That’s the electrical engineering. On the other end, the surface engineering, rapid plastic printing makes it possible to do the equivalent production process as the printed circuit board, only you’re designing/engineering the thing that the circuit board fits into — an enclosure, or a toothbrush handle, or a game controller..whatever it is.

Sketching implies iterating — erasing, redoing, trying again, fitting new ideas into a prototype with whatever is at hand. Often — more often than I’d like — something comes back that has a problem, probably because I’m moving so fast. With the printed circuit boards, a bit of rework can be done which makes things look messy, but in a good way — it shows the hand-crafted aspect of these things, that there’s something human about them, both in the design mis-take and in the “patch” to close a bit of material.

Fracked

I’m finding the same possibility for ⌘-X and ⌘-Z in the physical object world. Things come out slightly larger or smaller than you expected — although the machines are spot-on, I often am not — or I’ll make something with a bit more material with the expectation that I’ll whittle it away with a bit of sand paper or an X-Acto.

⌘-X

R0059333

For example, here I made these two sort of mounting bosses that hold the PCB in place with a sort of snap fitting and that are also used to hold an external on/off slide switch on one side, and the USB receptacle on the other. They’re straight through extruded cuts, with all four sides closed so the fit is nice and snug.

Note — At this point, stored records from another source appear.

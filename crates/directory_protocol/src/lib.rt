//! A directory of texts as a protocol: what a client that has one adds to the rule of a domain's table, and the deeds
//! by which seats make records, walk over cells, and read.
//!
//! The rule that it keeps is the law of the crate `directory_law`, over a range of weak cells. Each step of an intern
//! or a find is made with one deed. A deed is ready by what the seat itself has and by its view; it says what the
//! view is afterwards, and keeps the law. So the law holds between any two steps of all seats.
//!
//! Nothing here runs, and no step is promised to come. A deed doesn't say that the step that it goes with succeeds.
//!
//! ```text
//! let directory = DirectoryLaw::new(0, 10, interns);         // seat n begins with interns[n]
//! let directory = DirectoryLaw::granted(0, 10, interns);     // who draws ticket t has interns[t] more
//! ```
#![tactic(auto)]

mod cells;
mod has_directory;
mod law;
mod making;
mod notes;
mod reading;
mod record_kind;

pub use cells::{LookAtCell, SeeHead};
pub use has_directory::HasDirectory;
pub use law::DirectoryLaw;
pub use making::{BindHead, LinkPart, MakeSlot};
pub use notes::{DrawTicket, ForgetEnded};
pub use protocol_pairs::PairKind;
pub use reading::{AnswerHead, LeadOn, ReadOn, UpgradeHead};
pub use record_kind::RecordKind;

While I was assembling the first unit I realized that having that closed cut makes it so that you can’t easily remove everything if you need to, like..remove everything. For whatever reason. Basically you thread the connecting wires through, insert the switch or USB receptacle, solder the wires to the board and you’ve handcuffed everything in place.

That’s no good.

So, I scalpaled one wall out to see if I could get a good fit with the USB connector with closer to 3ish walls. It’s better, but still a bit loose.

Insignia

Patch

I needed something to attach to my shop coveralls to sustain the laboratory story. These are pretty sweet. My guy down the street did them..they clean clock. One other narrative arc in the Near Future Laboratory project — fashionable laboratory garments.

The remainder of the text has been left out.